Find $1_6 + 2_6 + 3_6 + \cdots + 45_6$. Express your answer in base $6$.
Answer: By the arithmetic series formula, it follows that $$1_6 + 2_6 + 3_6 + \cdots + 45_6 = \frac{45_6 \times 50_6}{2}$$(notice that this formula remains the same as the base $10$ formula, as the derivation remains the same).

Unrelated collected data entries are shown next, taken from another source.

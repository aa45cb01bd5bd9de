// IER.
ghost use Rattle.std.specs.Prelude.{List, ℕ};
ghost use Rattle.serial.specs.Port.{write_ier};
ghost use Rattle.serial.specs.Calls.{Writes};

use crate::iir;
use crate::memory::{COUNT, IER, IIR, Pos, Regs};
use common::answer::ONE_RAISE;

// Its new value is stored, and what it enables is active from now on. The answer has the raises.
pub fn write(regs: &mut Regs, pos: &Pos, value: u8) -> u32
    ensures { (ring : List ℕ) → Writes (λ p. write_ier p value) regs.old pos.now ring
        regs.new pos.now ring result }
{
    let ier = interrupts::ier_stored(value);
    let told = interrupts::enabling(regs[IER], ier, regs[IIR], pos[COUNT] != 0);
    regs[IER] = ier;
    iir::store(regs, told.iir);
    ONE_RAISE * told.raises
}
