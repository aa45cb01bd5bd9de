// The receiver: bytes come, wait in the ring, and are read.
ghost use Rattle.std.specs.Prelude.{◌≡◌, true, not, ◌+◌, ◌≤◌, eqb, get_or};
ghost use Rattle.interrupts.specs.Calls.{Quiet};
ghost use Rattle.serial.specs.Layout.{places};
ghost use Rattle.serial.specs.Port.{read_events, read_rbr};
ghost use Rattle.serial.specs.Calls.{event_bits, Reads};
ghost use Rattle.serial.specs.Inside.{Received, WaitAfterRead};

use crate::memory::{COUNT, IER, IIR, LSR, Pos, Regs, Ring};
use crate::{iir, waiting};
use common::answer::{DATA_READ, DELIVERED, NONE_LEFT};

// LSR once a byte has been read and `left` wait.
fn lsr_after_read(regs: &mut Regs, left: u32)
    ensures { WaitAfterRead regs.old left regs.new }
{
    if left == 0 {
        regs[LSR] = line_status::after_read(regs[LSR], false);
    }
}

// The word of a read with which `byte` has left, and whether another waits.
fn delivered(byte: u8, waits: bool) -> u32
    ensures { result ≡ byte + event_bits (read_events true waits) }
{
    if waits {
        return u32::from(byte) + (DATA_READ + DELIVERED);
    }
    u32::from(byte) + (DATA_READ + DELIVERED + NONE_LEFT)
}

// RBR: the first byte leaves. What is usual comes first, since a guest fetches its input byte by byte:
// this is the last, or more bytes wait and nothing else changes.
pub fn read_rbr(regs: &mut Regs, pos: &mut Pos, ring: &Ring) -> u32
    ensures { Reads read_rbr regs.old pos.old ring.now
        regs.new pos.new result }
{
    let n = pos[COUNT];
    if n == 1 {
        regs[IIR] = interrupts::after_data_read(regs[IER], regs[IIR], false);
        lsr_after_read(regs, 0);
        return delivered(waiting::take(pos, ring, 1), false);
    }
    if waiting::several(n) {
        return delivered(waiting::take(pos, ring, n), true);
    }
    read_any_rbr(regs, pos, ring)
}

// The same, however many bytes wait.
fn read_any_rbr(regs: &mut Regs, pos: &mut Pos, ring: &Ring) -> u32
    ensures { Reads read_rbr regs.old pos.old ring.now
        regs.new pos.new result }
{
    let n = waiting::count(pos);
    regs[IIR] = interrupts::after_data_read(regs[IER], regs[IIR], 1 < n);
    if n == 0 {
        lsr_after_read(regs, 0);
        return DATA_READ + NONE_LEFT;
    }
    lsr_after_read(regs, n - 1);
    delivered(waiting::take(pos, ring, n), 1 < n)
}

// The bytes put into the ring wait from now on, `n` in all: data is ready, received data is pending.
// The answer: how often the interrupt is to be raised.
pub fn receive(regs: &mut Regs, pos: &mut Pos, n: u32) -> u32
    ensures { Received regs.old pos.old n regs.new pos.new result }
{
    let waits = pos[COUNT] != 0;
    pos[COUNT] = n;
    let told = interrupts::data_came(regs[IER], regs[IIR], waits);
    iir::store(regs, told.iir);
    regs[LSR] = line_status::ready(regs[LSR]);
    told.raises
}

// The same for one byte where no kind of interrupt is enabled, as while a driver polls: nothing is raised.
// `waits` says whether bytes waited.
pub fn receive_quietly(regs: &mut Regs, pos: &mut Pos, waits: bool)
    requires quiet { Quiet (get_or regs.old 1 0) }
    requires waits_value { waits ≡ not (eqb (get_or pos.old 1 0) 0) }
    requires pos_bound { get_or pos.old 1 0 ≤ places }
    ensures { Received regs.old pos.old (get_or pos.old 1 0 + 1)
        regs.new pos.new 0 }
{
    iir::none_if_first(regs, waits);
    pos[COUNT] += 1;
    regs[LSR] = line_status::ready(regs[LSR]);
}
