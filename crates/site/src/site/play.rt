ghost use Rattle.std.specs.Prelude.{◌≡◌, [], IfOk, OnOk};
ghost use Rattle.world.specs.World.{tick};
ghost use Rattle.clock.specs.Clocks.{moment, passing};
ghost use Rattle.site.specs.Worlds.{event_of, Plays, Ticks};
ghost use Rattle.site.specs.Led.{Led, Onward};

use crate::event::{Event, Node};
use crate::fault::Fault;
use crate::seen::Seen;
use crate::site::Site;
use clock::clocks::NoPass;
use clock::terms::Terms;
use std::alloc::Global;

impl Site {
    // An event happens.
    fn happen(&mut self, event: &Event) -> Result<Seen, Fault>
        ensures { IfOk result (Plays self.old self.new (event_of event.now)) }
    {
        match event {
            Event::Call {
                who,
                place,
                call,
                bytes,
                torn,
            } => match *torn {
                None => self.call(*who, *place, *call, bytes),
                Some(left) => self.call_torn(*who, *place, *call, bytes, left),
            },
            Event::Deliver {
                message,
                size,
                to,
                torn,
            } => match (*to, *torn) {
                (Node::Keeper, None) => self.deliver_to_keeper(*message, *size),
                (Node::Keeper, Some(left)) => self.tear_keeper(*message, *size, left),
                (Node::Borrower(who), None) => self.deliver_to_borrower(*message, *size, who),
                (Node::Borrower(who), Some(left)) => self.tear_borrower(*message, *size, who, left),
            },
            Event::Stop(node) => Ok(self.stop(*node)),
            Event::Up(node) => self.come_up(*node),
        }
    }

    /// Lets an event happen: a step of the world, and of the run that led to it.
    pub fn play(&mut self, event: &Event) -> Result<Seen, Fault>
        ensures plays { IfOk result (Plays self.old self.new (event_of event.now)) }
        ensures onward { IfOk result (λ _. Onward self.old self.new (event_of event.now)) }
    {
        let seen = self.happen(event)?;
        Ok(seen)
    }

    /// Lets time pass, as far as every clock keeps within its error.
    pub fn tick(&mut self, time: u64, by: &[u64; 5]) -> Result<(), NoPass>
        ensures ticks { Ticks self.old self.new time by.now result }
        ensures onward { OnOk result (Onward self.old self.new (tick (passing time by.now))) }
    {
        self.clocks.pass(time, by)
    }
}
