ghost use Rattle.std.specs.Prelude.{IfOk, Some, None};
ghost use Rattle.world.specs.World as event;
ghost use Rattle.site.specs.Nodes.{borrower_number};
ghost use Rattle.site.specs.Worlds.{Plays};

use crate::event::Borrower;
use crate::fault::Fault;
use crate::seen::{Answer, Seen, stopped};
use crate::site::Site;
use borrower::outcome::Call;
use part::place::Place;

impl Site {
    /// A borrower is called; the bytes are those that a write writes.
    pub(crate) fn call(
        &mut self,
        who: Borrower,
        place: Place,
        call: Call,
        bytes: &[u8; 1024],
    ) -> Result<Seen, Fault>
        ensures { IfOk result (Plays self.old self.new (event.call (borrower_number who) place.at call bytes.now None)) }
    {
        let clock = self.reading(who);
        let Some(outcome) = self.borrowers.call(who, clock, place, call)? else {
            return Ok(Seen::only(Answer::Down));
        };
        self.network.send_from_borrower(outcome.send, bytes)?;
        Ok(Seen::only(Answer::Given(outcome.answer)))
    }

    /// A borrower is called and stops in the midst of it: of its record only so many first bytes are left.
    pub(crate) fn call_torn(
        &mut self,
        who: Borrower,
        place: Place,
        call: Call,
        bytes: &[u8; 1024],
        left: u64,
    ) -> Result<Seen, Fault>
        ensures { IfOk result (Plays self.old self.new (event.call (borrower_number who) place.at call bytes.now (Some left))) }
    {
        let clock = self.reading(who);
        let was_up = self.borrowers.call_torn(who, clock, place, call, left)?;
        Ok(Seen::only(stopped(was_up)))
    }
}
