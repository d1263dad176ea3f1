ghost use Rattle.std.specs.Prelude.{List};
ghost use Rattle.clock.specs.Moments.{Moment};
ghost use Rattle.world.specs.World.{Event};
ghost use Rattle.world.specs.Promise.{Promise};
ghost use Rattle.site.specs.Led.{Led, first_of, run_of};

use crate::site::Site;

impl Site {
    /// Names the whole promise, of this site: all of it holds of every run that led here.
    pub fn keeps_promise(&self)
        ensures { (m : Moment) (es : List Event) → Led self.now m es → Promise (first_of self.now m) es (run_of self.now m es) }
    {}
}
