ghost use Rattle.std.specs.Prelude.{◌≡◌, suc, [], List};
ghost use Rattle.clock.specs.Clocks.{present, moment, Stands};
ghost use Rattle.site.specs.Nodes.{borrower_number};
ghost use Rattle.site.specs.Led.{Led};

use crate::borrowers::Borrowers;
use crate::event::Borrower;
use crate::keeper_node::KeeperNode;
use crate::network::Network;
use crate::site::Site;
use clock::clocks::{Clocks, NoPass};
use clock::terms::Terms;
use std::alloc::Global;

impl Site {
    /// At first all are down, journals are empty, nothing was sent, and the clocks show this.
    pub fn new(heap: Global, terms: Terms, hands: &[u64; 5]) -> Site
        ensures terms { result.clocks.terms ≡ terms }
        ensures led { Led result (moment 0 hands.now) [] }
    {
        Site {
            heap,
            clocks: Clocks::new(terms, hands),
            keeper: KeeperNode::new(heap, terms.long),
            borrowers: Borrowers::new(heap, terms.short),
            network: Network::new(heap),
        }
    }

    // What a borrower's clock shows.
    pub(crate) fn reading(&self, who: Borrower) -> u64
        ensures { result ≡ (present self.now.clocks).hand (suc (borrower_number who)) }
    {
        self.clocks.borrower(u8::from(who)).unwrap_or(0)
    }
}
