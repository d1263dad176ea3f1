ghost use Rattle.std.specs.Prelude.{◌≡◌, IfOk, None, replicate};
ghost use Rattle.borrower.specs.declared.outcome.Call.TheVariants as what;
ghost use Rattle.world.specs.World as event;
ghost use Rattle.site.specs.Nodes.{borrower_number};
ghost use Rattle.site.specs.Worlds.{world_of};
ghost use Rattle.site.specs.Led.{Onward};
ghost use Rattle.site.specs.Shows.{Shows, Fresh, show_of};

use crate::event::{Borrower, Event};
use crate::fault::Fault;
use crate::seen::{Answer, Shown};
use crate::site::Site;
use borrower::outcome::Call;
use part::place::Place;

impl Site {
    /// The bytes that the keeper has of a part; while it is down, what its journal says.
    pub fn kept(&self, place: Place) -> Result<[u8; 1024], Fault>
        ensures { IfOk result (λ v. v ≡ (world_of self.now).keeper.parts place.at) }
    {
        self.keeper.part(place)
    }

    /// Shows a borrower's copy of a part, where it may be shown: then it is what the last write applied anywhere has left, whatever
    /// happened before, while the clocks have kept within their error.
    pub fn show(&mut self, who: Borrower, place: Place) -> Result<Shown, Fault>
        ensures shows { IfOk result (Shows (world_of self.old) (borrower_number who) place.at) }
        ensures fresh { IfOk result (Fresh self.old place.at) }
        ensures onward { IfOk result (λ _. Onward self.old self.new (show_of (borrower_number who) place.at)) }
        ensures clocks { IfOk result (λ _. self.new.clocks ≡ self.old.clocks) }
    {
        let seen = self.play(&Event::Call {
            who,
            place,
            call: Call::Show,
            bytes: [0; 1024],
            torn: None,
        })?;
        Ok(match seen.answer {
            Answer::Given(Ok(())) => Shown::Copy(*self.borrowers.copy(who, place)),
            Answer::Given(Err(refusal)) => Shown::Refused(refusal),
            Answer::Down | Answer::Stopped => Shown::Down,
        })
    }
}
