ghost use Rattle.std.specs.Prelude.{IfOk, Some, None};
ghost use Rattle.world.specs.World.{deliver, keeper, borrower};
ghost use Rattle.site.specs.Nodes.{borrower_number};
ghost use Rattle.site.specs.Worlds.{Plays};

use crate::event::Borrower;
use crate::fault::Fault;
use crate::seen::{Answer, Seen, stopped};
use crate::site::Site;

impl Site {
    /// The first bytes of a message arrive at the keeper.
    pub(crate) fn deliver_to_keeper(&mut self, message: usize, size: usize) -> Result<Seen, Fault>
        ensures { IfOk result (Plays self.old self.new (deliver message size keeper None)) }
    {
        let clock = self.clocks.keeper();
        let bytes = self.network.first_bytes(message, size);
        let Some(reply) = self.keeper.serve(clock, bytes)? else {
            return Ok(Seen::only(Answer::Down));
        };
        self.network.send_from_keeper(&self.keeper, reply.sends)?;
        Ok(Seen::only(Answer::Given(reply.answer)))
    }

    /// The same, and the keeper stops in the midst of it: of its record only so many first bytes are left.
    pub(crate) fn tear_keeper(
        &mut self,
        message: usize,
        size: usize,
        left: u64,
    ) -> Result<Seen, Fault>
        ensures { IfOk result (Plays self.old self.new (deliver message size keeper (Some left))) }
    {
        let clock = self.clocks.keeper();
        let bytes = self.network.first_bytes(message, size);
        let was_up = self.keeper.serve_torn(clock, bytes, left)?;
        Ok(Seen::only(stopped(was_up)))
    }

    /// The first bytes of a message arrive at a borrower.
    pub(crate) fn deliver_to_borrower(
        &mut self,
        message: usize,
        size: usize,
        who: Borrower,
    ) -> Result<Seen, Fault>
        ensures { IfOk result (Plays self.old self.new (deliver message size (borrower (borrower_number who)) None)) }
    {
        let bytes = self.network.first_bytes(message, size);
        let Some(outcome) = self.borrowers.hear(who, bytes)? else {
            return Ok(Seen::only(Answer::Down));
        };
        self.network.send_from_borrower(outcome.send, &[0; 1024])?;
        Ok(Seen {
            told: outcome.told,
            answer: Answer::Given(outcome.answer),
        })
    }

    /// The same, and it stops in the midst of it: of its record only so many first bytes are left.
    pub(crate) fn tear_borrower(
        &mut self,
        message: usize,
        size: usize,
        who: Borrower,
        left: u64,
    ) -> Result<Seen, Fault>
        ensures { IfOk result (Plays self.old self.new (deliver message size (borrower (borrower_number who)) (Some left))) }
    {
        let bytes = self.network.first_bytes(message, size);
        let was_up = self.borrowers.hear_torn(who, bytes, left)?;
        Ok(Seen::only(stopped(was_up)))
    }
}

We can ignore the $0$ for now, and evaluate the product $45_6 \times 5_6$ (and append a $0$ at the end). Evaluating the units digit, we need to multiply $5_6 \times 5_6 = 25_{10} = 41_{6}$. Thus, the next digit is a $1$ and $4$ is carried over. The next digits are given by $4_6 \times 5_6 + 4_6 = 24_{10} = 40_6$. Writing this out:  $$\begin{array}{@{}c@{\;}c@{}c@{}c@{}c@{}c@{}c}
& & & & & \stackrel{4}{4} & \stackrel{}{5}_6 \\
& & & \times & & 5 & 0_6 \\
\cline{4-7} & & & 4 & 0 & 1 & 0_6 \\
\end{array}$$Now, we divide by $2$ to obtain that the answer is $\boxed{2003}_6$. $$
\begin{array}{c|cccc}
\multicolumn{2}{r}{2} & 0 & 0 & 3 \\
\cline{2-5}
2 & 4 & 0 & 1 & 0 \\
\multicolumn{2}{r}{4} & \downarrow & \downarrow & \\ \cline{2-2}
\multicolumn{2}{r}{0} & 0 & 1 & \\
\multicolumn{2}{r}{} & & 0 & \downarrow \\ \cline{4-4}
\multicolumn{2}{r}{} & & 1 & 0 \\
\multicolumn{2}{r}{} & & 1 & 0 \\ \cline{4-5}
\multicolumn{2}{r}{} & & & 0
\end{array}
$$We divide as we do normally; notice that $10_6 \div 2_6 = 3_6$.